▶ _Collected data_:
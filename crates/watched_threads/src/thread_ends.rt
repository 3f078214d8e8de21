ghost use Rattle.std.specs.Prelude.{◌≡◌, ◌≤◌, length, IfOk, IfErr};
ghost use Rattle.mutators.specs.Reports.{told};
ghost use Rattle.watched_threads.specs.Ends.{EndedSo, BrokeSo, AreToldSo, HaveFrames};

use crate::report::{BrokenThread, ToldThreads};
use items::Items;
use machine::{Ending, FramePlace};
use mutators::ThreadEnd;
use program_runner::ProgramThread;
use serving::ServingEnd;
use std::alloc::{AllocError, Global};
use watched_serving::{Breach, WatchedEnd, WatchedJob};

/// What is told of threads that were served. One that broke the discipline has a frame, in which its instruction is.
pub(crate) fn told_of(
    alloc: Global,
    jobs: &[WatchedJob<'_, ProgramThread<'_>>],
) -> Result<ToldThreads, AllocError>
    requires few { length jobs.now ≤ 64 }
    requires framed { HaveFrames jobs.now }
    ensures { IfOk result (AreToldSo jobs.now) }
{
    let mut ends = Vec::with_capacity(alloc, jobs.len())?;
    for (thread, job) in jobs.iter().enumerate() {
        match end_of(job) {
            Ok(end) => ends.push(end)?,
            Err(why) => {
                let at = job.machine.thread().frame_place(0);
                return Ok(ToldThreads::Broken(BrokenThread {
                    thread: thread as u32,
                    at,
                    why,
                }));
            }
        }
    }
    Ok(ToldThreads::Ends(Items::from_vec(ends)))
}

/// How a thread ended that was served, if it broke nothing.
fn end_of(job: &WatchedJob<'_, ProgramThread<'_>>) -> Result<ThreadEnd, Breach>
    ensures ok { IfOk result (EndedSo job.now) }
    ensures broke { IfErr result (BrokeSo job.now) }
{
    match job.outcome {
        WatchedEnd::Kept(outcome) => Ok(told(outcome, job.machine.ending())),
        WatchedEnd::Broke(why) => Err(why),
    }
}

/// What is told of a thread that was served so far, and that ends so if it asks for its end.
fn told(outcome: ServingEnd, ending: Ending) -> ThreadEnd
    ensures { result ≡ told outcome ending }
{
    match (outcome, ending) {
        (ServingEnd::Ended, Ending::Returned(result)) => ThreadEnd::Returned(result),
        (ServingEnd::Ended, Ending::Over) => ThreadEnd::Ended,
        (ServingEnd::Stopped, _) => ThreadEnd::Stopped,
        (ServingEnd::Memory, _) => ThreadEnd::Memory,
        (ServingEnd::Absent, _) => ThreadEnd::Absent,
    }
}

▶ _Exercise directions_: The lines beginning with the one that holds "fn end_of(job: &WatchedJob<'_, ProgramThread<'_>>)" and ending with the last line of the data above are to be reproduced exactly, and nothing else.

▶ _Output of the exercise_:
fn end_of(job: &WatchedJob<'_, ProgramThread<'_>>) -> Result<ThreadEnd, Breach>
    ensures ok { IfOk result (EndedSo job.now) }
    ensures broke { IfErr result (BrokeSo job.now) }
{
    match job.outcome {
        WatchedEnd::Kept(outcome) => Ok(told(outcome, job.machine.ending())),
        WatchedEnd::Broke(why) => Err(why),
    }
}

/// What is told of a thread that was served so far, and that ends so if it asks for its end.
fn told(outcome: ServingEnd, ending: Ending) -> ThreadEnd
    ensures { result ≡ told outcome ending }
{
    match (outcome, ending) {
        (ServingEnd::Ended, Ending::Returned(result)) => ThreadEnd::Returned(result),
        (ServingEnd::Ended, Ending::Over) => ThreadEnd::Ended,
        (ServingEnd::Stopped, _) => ThreadEnd::Stopped,
        (ServingEnd::Memory, _) => ThreadEnd::Memory,
        (ServingEnd::Absent, _) => ThreadEnd::Absent,
    }
}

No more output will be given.